Criptografia protege confidencialidade (e, em alguns casos, integridade/autenticidade) de dados em trânsito e em repouso. O valor real depende de gestão de chaves (KMS/HSM), rotação e controle de acesso.

  • Em trânsito: TLS entre cliente e servidor e entre serviços internos.
  • Em repouso: criptografia de disco/volume, banco de dados, objetos e backups.
  • Gestão de chaves: rotação, segregação, auditoria, proteção contra extração.

Criptografia aplicada: simétrica, assimétrica, hash, certificados e TLS

Criptografia simétrica

Usa a mesma chave para cifrar e decifrar. É rápida e adequada para grandes volumes de dados.

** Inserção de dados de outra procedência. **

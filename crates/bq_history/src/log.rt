//! Records in the order in which they were added, chunk by chunk.
ghost use Rattle.std.specs.Prelude.{◌≡◌, ◌+◌, ◌<◌, ◌^◌, [], ◌∷◌, ◌++◌, List, length, true};
ghost use Rattle.bq_history.specs.Chains.{chain_behind};
ghost use Rattle.bq_history.specs.Chunks.{joined, AreChunks};

use crate::chain::{GrowingList, Link, Slip};
use crate::chunk::{CHUNK, Chunk};
use crate::room::Room;
use std::marker::Model;

/// Records, in chunks that are full except for the last. Contracts see the records in the order in which they were added.
#[derive(Drop)]
pub struct Log<R: Drop> {
    chunks: GrowingList<Chunk<R>>,
    len: u64,
}

impl<R: Drop> Model for Log<R> {
    ghost use Rattle.std.specs.Prelude.{◌≡◌, List, length};
    ghost use Rattle.bq_history.specs.Chunks.{joined, AreChunks};

    ghost Value = { List R };

    ghost view = { λ l. joined l.chunks };

    ghost invariant = { λ l. AreChunks l.chunks × (l.len ≡ length (joined l.chunks)) };
}

impl<R: Drop> Log<R> {
    /// A log without records.
    pub(crate) fn new() -> Log<R>
        ensures { result ≡ [] }
    {
        Log {
            chunks: GrowingList::new(),
            len: 0,
        }
    }

    /// How many records there are.
    pub(crate) fn len(&self) -> u64
        ensures { result ≡ length self.now }
    {
        self.len
    }

    /// Adds a record at the end. If all chunks are full, the record goes into the spare chunk of the room. It takes no memory.
    #[inline(always)]
    pub(crate) fn push(&mut self, entry: R, room: &mut Room<R>)
        requires fits { length self.old + 1 < 2 ^ 64 }
        requires ready { room.old ≡ true }
        ensures { self.new ≡ self.old ++ entry ∷ [] }
    {
        let place = self.len;
        self.len = place + 1;
        if place % CHUNK == 0 {
            let slip = begun(room.take_chunk(), entry);
            self.chunks.push(slip);
        } else {
            append(&mut self.chunks, entry);
        }
    }

    /// The chain of the chunks from the first to the last, the number of chunks, and the number of records. It takes no memory.
    pub(crate) fn in_order(self) -> (Link<Chunk<R>>, u64, u64)
        ensures chunks { joined (chain_behind result.0) ≡ self }
        ensures are_chunks { AreChunks (chain_behind result.0) }
        ensures count { result.1 ≡ length (chain_behind result.0) }
        ensures len { result.2 ≡ length self }
    {
        let Log { chunks, len } = self;
        let (chain, count) = chunks.in_order();
        (chain, count, len)
    }
}

/// A spare chunk with its first record in it.
fn begun<R: Drop>(slip: Slip<Chunk<R>>, entry: R) -> Slip<Chunk<R>>
    requires { slip ≡ [] }
    ensures { result ≡ entry ∷ [] }
{
    let mut slip = slip;
    slip.node.item.push(entry);
    slip
}

/// Adds a record to the last chunk, which must have room for it.
#[inline(always)]
fn append<R: Drop>(chunks: &mut GrowingList<Chunk<R>>, entry: R)
    requires { (front : List (List R)) × (last : List R) × (chunks.old ≡ front ++ last ∷ []) × (length last < 16) }
    ensures { (front : List (List R)) (last : List R) → chunks.old ≡ front ++ last ∷ [] → chunks.new ≡ front ++ (last ++ entry ∷ []) ∷ [] }
{
    let Some(node) = &mut chunks.last else {
        unreachable!()
    };
    node.item.push(entry);
}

  • Uso típico: criptografar arquivos, bancos, backups, payloads.
  • Ponto crítico: distribuição segura da chave (como entregar a chave sem expor?).
Exemplo mental: Sistema A e Sistema B compartilham uma chave secreta K. A cifra dados com K e B decifra com a mesma K.

Criptografia assimétrica

Usa um par de chaves: pública (compartilhável) e privada (secreta). O que uma chave faz, a outra desfaz, dependendo do uso.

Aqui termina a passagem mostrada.